80Legs

From RSWiki
Jump to: navigation, search




Introduction

80Legs is probably the most annoying bot or web crawler currently in existence. It's described as ".. a web crawling service that allows its users to create and run web crawls through its software as a service platform." [1]" Wikipedia entry on 80legs

The crawler purely exists for 80legs commercial gain and will never drive traffic to any site. Instead they are commissioned by someone who will pay them big bucks for the information they retrieve with little or no benefit to the site owner.

In reality it is more like Distributed Denial of Service attack that ignores robots.txt and can bring a Web Server to its knees. Because of it's distributed nature the crawlers can come from anywhere in the globe and they eat bandwidth like there is no tomorrow. I've decided to take the drastic action of using IPtables to block the IP addresses of these crawlers.

The Crawler

The crawler usually identifies with the following string:

"Mozilla/5.0 (compatible; 008/0.83; http://www.80legs.com/webcrawler.html) Gecko/2008032620"
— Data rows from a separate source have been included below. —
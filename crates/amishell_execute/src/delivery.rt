//! The output of `amishell-bring`: a file, in pieces.
ghost use Rattle.std.specs.Prelude.{◌≡◌, ◌≤◌, length, true};
ghost use Rattle.ados_machine.specs.Children.{answers_read};

use ados_machine::Answer;
use ados_ram::FileBytes;
use ados_text::{Octets, PIECE_BYTES};
use std::alloc::Global;

/// A file that is being printed.
#[derive(Drop)]
pub struct Delivery {
    // The shell of the command that prints it.
    shell: u8,
    bytes: FileBytes,
    // The block and the piece of it that are printed next, and how many bytes of that piece were printed.
    block: usize,
    piece: usize,
    from: usize,
}

impl Delivery {
    /// These bytes, of which nothing is printed yet, for the command of a shell.
    pub fn new(shell: u8, bytes: FileBytes) -> Delivery {
        Delivery {
            shell,
            bytes,
            block: 0,
            piece: 0,
            from: 0,
        }
    }

    /// The command of this shell prints it.
    pub fn is_of(&self, shell: u8) -> bool {
        self.shell == shell
    }

    /// The next piece, or the end.
    pub fn next(&mut self, alloc: Global) -> Answer
        ensures { answers_read result ≡ true }
    {
        let Some(block) = self.bytes.blocks().get(self.block) else {
            return Answer::End;
        };
        let pieces = block.pieces();
        let Some(piece) = pieces.get(self.piece) else {
            return Answer::End;
        };
        let rest = piece.as_bytes().get(self.from..).unwrap_or(&[]);
        let length = rest.len().min(PIECE_BYTES);
        let answer = piece_of(alloc, &rest[..length]);
        let is_printed = length == rest.len();
        let is_last = self.piece.saturating_add(1) >= pieces.len();
        self.go_on(length, is_printed, is_last);
        answer
    }

    // So many bytes of a piece were printed. With all of it begins the next one, of the next block if it was the last of its own.
    fn go_on(&mut self, length: usize, is_printed: bool, is_last: bool) {
        if !is_printed {
            self.from = self.from.saturating_add(length);
            return;
        }
        self.from = 0;
        if is_last {
            self.piece = 0;
            self.block = self.block.saturating_add(1);
        } else {
            self.piece = self.piece.saturating_add(1);
        }
    }
}

// The answer with these bytes of an output, or its end if there are none.
fn piece_of(alloc: Global, bytes: &[u8]) -> Answer
    requires { length bytes.now ≤ 4096 }
    ensures { answers_read result ≡ true }
{
    if bytes.is_empty() {
        return Answer::End;
    }
    match bytes.to_vec(alloc) {
        Ok(bytes) => Answer::Bytes(Octets::from_vec(bytes)),
        Err(_) => Answer::PipeFault,
    }
}
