//! The paths of this machine from which the Shell's files come.

use ados_text::{NoMemory, Text, same_name};
use ados_trace::{ScriptNames, shown};
use ados_transfer::{Planned, Volume, parted, step_into};
use std::alloc::Global;
use std::rt::Files;

/// Where the Shell's files come from.
#[derive(Drop)]
pub struct Origins<'a> {
    /// Where the memory for names comes from.
    pub alloc: Global,
    // What was brought in.
    planned: &'a [Planned],
    // The directories that are shared.
    shares: Vec<Shared>,
}

// A directory of the Shell that is shared.
#[derive(Drop)]
struct Shared {
    // Its full path.
    directory: Text,
    // Its folder, as it was named.
    folder: String,
}

impl<'a> Origins<'a> {
    /// What was brought in.
    pub fn new(alloc: Global, planned: &'a [Planned]) -> Origins<'a> {
        Origins {
            alloc,
            planned,
            shares: Vec::new(alloc),
        }
    }

    /// A folder is shared.
    pub fn has_shares(&self) -> bool {
        !self.shares.is_empty()
    }

    /// Adds the directories of these volumes, each with the folder that its words of `--share` name.
    pub fn add_shares<R: Files>(
        &mut self,
        rt: &R,
        words: &[&str],
        volumes: &[Volume],
    ) -> Result<(), NoMemory> {
        for (words, volume) in words.iter().zip(volumes) {
            self.shares.push(Shared {
                directory: volume.place.path(self.alloc)?,
                folder: String::from_str(self.alloc, parted(rt, words).0)?,
            })?;
        }
        Ok(())
    }
}

impl ScriptNames for Origins<'_> {
    // Its path on this machine, if it has one.
    fn name(&self, file: &Text) -> Result<String, NoMemory> {
        for one in self.planned {
            let path = one.place.path(self.alloc)?;
            if same_name(path.as_bytes(), file.as_bytes()) {
                return Ok(String::from_str(self.alloc, one.path.as_str())?);
            }
        }
        for share in &self.shares {
            if let Some(name) = share.name(self.alloc, file)? {
                return Ok(name);
            }
        }
        Ok(String::from_str(self.alloc, shown(file))?)
    }
}

impl Shared {
    // The path of a file in the folder, if it is below the directory.
    fn name(&self, alloc: Global, file: &Text) -> Result<Option<String>, NoMemory> {
        let path = shown(file);
        let length = self.directory.as_bytes().len();
        let (Some(above), Some(below)) = (path.get(..length), path.get(length..)) else {
            return Ok(None);
        };
        match below.strip_prefix('/') {
            Some(below) if same_name(above.as_bytes(), self.directory.as_bytes()) => {
                Ok(Some(self.path(alloc, below)?))
            }
            _ => Ok(None),
        }
    }

    // The path of what is below the folder; nothing is before it if that is the current one.
    fn path(&self, alloc: Global, below: &str) -> Result<String, NoMemory> {
        match self.folder.as_str() {
            "." | "./" => Ok(String::from_str(alloc, below)?),
            folder => match step_into(alloc, folder, below) {
                Ok(path) => Ok(path),
                // To step down fails for no other reason.
                Err(_) => Err(NoMemory),
            },
        }
    }
}
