//! What the next event of a run asks of this machine.
ghost use Rattle.std.specs.Prelude.{◌<◌, ◌^◌, ◌-◌};

use crate::reader::asks_for_line;
use ados_launch::{Next, Session};
use ados_machine::Request;
use ados_world::World;

/// What the next event asks for.
#[derive(Clone, Copy)]
pub enum Due {
    /// The start of a program, by this shell.
    Start(u8),
    /// A piece of the output of a program.
    Read,
    /// The end of the program of this shell.
    Wait(u8),
    /// A line of standard input.
    Input,
    /// Nothing; the Shell's files may change.
    Turn,
}

impl Due {
    /// What the next event asks for.
    pub fn next(session: &Session<'_>, world: &World) -> Due
        requires count { session.now.schedule.taken < 2 ^ 64 - 1 }
    {
        match session.next(world) {
            Some(Next::Start(number)) => Due::Start(number),
            Some(Next::Further(number)) => match world.pending(number) {
                Some(Request::Wait(child)) => Due::Wait(*child),
                _ => Due::Read,
            },
            Some(Next::Line) if asks_for_line(world) => Due::Input,
            _ => Due::Turn,
        }
    }
}
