//! The check of each script before its first line is taken: one with a line that must not be run as it is does not run.
ghost use Rattle.std.specs.Prelude.{◌≡◌, None, IfErr, IfOk};
ghost use Rattle.amishell_execute.specs.Playing.{drive_fault_of};

use crate::callees::{calls_by_name, refused_callee};
use crate::faults::Fault;
use crate::origins::Origins;
use crate::refusals::{refusal_of, report_all, strike_mends};
use crate::script_turn::ScriptTurn;
use crate::top_paths::push_top;
use ados_check::{Finding, check, merge_returns};
use ados_launch::Next;
use ados_ram::Place;
use ados_text::{NoMemory, Text};
use ados_trace::ScriptNames;
use ados_world::World;
use std::alloc::Global;
use std::io::Eprint;

/// How the scripts of a run are checked.
#[derive(Drop)]
pub struct Checks<'a> {
    is_lenient: bool,
    // The full path of the script of the command line.
    script: Text,
    // By which paths the scripts are named.
    origins: &'a Origins<'a>,
    // The full paths of the scripts of which a harmless problem was reported, or with `--lenient` any.
    reported: Vec<Text>,
    // The shells in which a frame began, and which had no turn since.
    begun: Vec<u8>,
    // How often the script of the command line began.
    runs: usize,
    // A script that began calls another one by a plain name.
    has_calls: bool,
    // A script goes on after it could not call another one, which has a bad directive.
    has_lost_call: bool,
}

impl<'a> Checks<'a> {
    /// The checks of scripts with these names; the script of the command line is at this place.
    pub fn new(
        is_lenient: bool,
        origins: &'a Origins<'a>,
        script: &Place,
    ) -> Result<Checks<'a>, NoMemory> {
        let alloc = origins.alloc;
        let mut reported = Vec::new(alloc);
        let script = script.path(alloc)?;
        if is_lenient {
            // What is found in it was reported before anything ran.
            reported.push(script.copy()?)?;
        }
        Ok(Checks {
            is_lenient,
            script,
            origins,
            reported,
            begun: Vec::new(alloc),
            runs: 0,
            has_calls: false,
            has_lost_call: false,
        })
    }

    /// A frame began in this shell.
    pub fn add_begun(&mut self, number: u8) -> Result<(), NoMemory> {
        self.begun.push(number)?;
        Ok(())
    }

    /// A script goes on after it could not call another one, which has a bad directive: with `--lenient` it may.
    pub fn note_lost_call(&mut self) {
        self.has_lost_call = !self.is_lenient;
    }

    /// A frame began of which no line was taken yet, a line may call a script, or one could not be called.
    pub fn are_due(&self) -> bool {
        self.has_calls || self.has_lost_call || !self.begun.is_empty()
    }

    /// Before this event something may be told.
    #[inline(never)]
    pub fn may_tell(&self, world: &World, next: Next) -> bool {
        if self.has_lost_call || !self.begun.is_empty() {
            return true;
        }
        let Next::Turn(number) = next else {
            return false;
        };
        ScriptTurn::of(world, number)
            .and_then(|turn| turn.line())
            .is_some_and(calls_by_name)
    }

    /// Before an event, while checks are due: if a shell is to take the first line of a script, all lines of that script are checked,
    /// with its arguments in them. If a line calls a script that would not begin, the lines of that one are.
    ///
    /// `NotRun` if a line of the script must not be run as it is, or a call was lost, `NotCalled` if a line of the called script must not,
    /// and `NothingRun` if no command of the script of the command line returned before. With `--lenient` the first is only reported, once
    /// for each script.
    pub fn attend<R: AllocGlobal + Eprint>(
        &mut self,
        rt: &R,
        world: &World,
        next: Next,
    ) -> Result<(), Fault>
        ensures { IfErr result (λ why. drive_fault_of why ≡ None) }
    {
        if self.has_lost_call {
            return Err(lost_call(rt.alloc())?);
        }
        let Next::Turn(number) = next else {
            return Ok(());
        };
        self.begun.retain(|begun| *begun != number);
        let Some(turn) = ScriptTurn::of(world, number) else {
            return Ok(());
        };
        if turn.is_first {
            self.check_frame(rt, world, &turn)?;
        }
        self.check_call(rt, world, &turn)?;
        self.note(&turn);
        Ok(())
    }

    // A line of a script is taken.
    fn note(&mut self, turn: &ScriptTurn<'_>) {
        if !turn.is_first {
            return;
        }
        if *turn.name == self.script {
            self.runs = self.runs.saturating_add(1);
        }
        self.has_calls = self.has_calls
            || !self.is_lenient && turn.frame.further().iter().any(calls_by_name);
    }

    // Checks the lines of a script that begins in a shell.
    fn check_frame<R: AllocGlobal + Eprint>(
        &mut self,
        rt: &R,
        world: &World,
        turn: &ScriptTurn<'_>,
    ) -> Result<(), Fault>
        ensures { IfErr result (λ why. drive_fault_of why ≡ None) }
    {
        let alloc = rt.alloc();
        let name = turn.name;
        let bytes = turn.bytes(alloc, world)?;
        let found = self.problems(world, turn, &bytes)?;
        if found.is_empty() {
            return Ok(());
        }
        let is_new = self.is_first_report(name)?;
        if self.is_lenient && !is_new {
            return Ok(());
        }
        let shown = self.origins.name(name)?;
        if report_all(rt, shown.as_str(), &found, is_new)? && !self.is_lenient {
            let is_struck = *name == self.script
                && strike_mends(alloc, world.dialect(), &found, &bytes)?;
            let refusal = format!(in alloc; "{shown} {}", refusal_of(is_struck))?;
            return Err(self.not_run(turn, refusal));
        }
        Ok(())
    }

    // What is found in the lines of a script that begins in a shell, by these bytes of its file.
    fn problems(
        &self,
        world: &World,
        turn: &ScriptTurn<'_>,
        bytes: &[u8],
    ) -> Result<Vec<Finding>, NoMemory> {
        let alloc = self.origins.alloc;
        let (dialect, lines) = (world.dialect(), turn.frame.further());
        let aliases = &turn.shell.settings().aliases;
        let mut found = check(alloc, dialect, aliases, lines, bytes)?;
        if self.origins.has_shares() {
            push_top(alloc, dialect, lines, &mut found)?;
        }
        if found.is_empty() {
            return Ok(found);
        }
        if !prints(alloc, world, "Echo")? || !prints(alloc, world, "Ask")? {
            for one in &mut found {
                one.problem.refuse();
            }
        }
        merge_returns(&mut found);
        Ok(found)
    }

    // Checks the script that the line which is taken calls by name, if it would not begin.
    fn check_call<R: AllocGlobal + Eprint>(
        &self,
        rt: &R,
        world: &World,
        turn: &ScriptTurn<'_>,
    ) -> Result<(), Fault>
        ensures { IfErr result (λ why. drive_fault_of why ≡ None) }
    {
        if self.is_lenient {
            return Ok(());
        }
        let Some(line) = turn.line() else {
            return Ok(());
        };
        let Some(callee) = refused_callee(rt.alloc(), world, turn.shell, line)? else {
            return Ok(());
        };
        let shown = self.origins.name(&callee.name)?;
        let _ = report_all(rt, shown.as_str(), &callee.found, true)?;
        let refusal = format!(in rt.alloc(); "{shown} is not run, since it has a bad directive")?;
        Err(self.not_called(turn, refusal))
    }

    // The fault of a script that is not run.
    fn not_run(&self, turn: &ScriptTurn<'_>, refusal: String) -> Fault
        ensures { drive_fault_of result ≡ None }
    {
        if self.is_nothing_done(turn) {
            Fault::NothingRun(None, refusal)
        } else {
            Fault::NotRun(refusal)
        }
    }

    // The fault of a script that is not called by the line which is taken.
    fn not_called(&self, turn: &ScriptTurn<'_>, refusal: String) -> Fault
        ensures { drive_fault_of result ≡ None }
    {
        let caller = turn.shell.number();
        if self.is_nothing_done(turn) {
            Fault::NothingRun(Some(caller), refusal)
        } else {
            Fault::NotCalled(caller, refusal)
        }
    }

    // This is the script of the command line, which begins for the first time, and no command of it has returned.
    fn is_nothing_done(&self, turn: &ScriptTurn<'_>) -> bool {
        let runs = if turn.is_first { 0 } else { 1 };
        *turn.name == self.script && self.runs == runs && turn.frame.last_line() == 0
    }

    // Problems of this script were not reported yet; from now on they were.
    fn is_first_report(&mut self, name: &Text) -> Result<bool, NoMemory> {
        if self.reported.contains(name) {
            return Ok(false);
        }
        self.reported.push(name.copy()?)?;
        Ok(true)
    }
}

// The fault of a script that was called, and has a bad directive.
fn lost_call(alloc: Global) -> Result<Fault, NoMemory>
    ensures { IfOk result (λ fault. drive_fault_of fault ≡ None) }
{
    let why = String::from_str(
        alloc,
        "a script was called that has a bad directive (--lenient goes on)",
    )?;
    Ok(Fault::NotRun(why))
}

// The internal command of this name is the one that is found under it: it was not taken off the resident list, and no entry has its name.
fn prints(alloc: Global, world: &World, name: &str) -> Result<bool, NoMemory> {
    let name = Text::from_bytes(alloc, name.as_bytes())?;
    let residents = world.residents();
    let is_enabled = residents
        .internal(&name)
        .is_some_and(|internal| !internal.is_disabled);
    Ok(is_enabled && residents.find(&name).is_none())
}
To get an idea of how prolific this crawler you just parse your access logs with a command similar to this:

cat /path/to/log/access.log | grep 80legs -c

For me this returned 48866 results in a 7 day period!

Blocking the bot

You can modify your .htaccess file to block the useragent however this could be fairly intensive. Also if you are running a Reverse Proxy like Squid you can use it to block the useragent.

However given the proliferation of this bot and because it can come from anywhere in the world I've decided simply to block those IP addresses.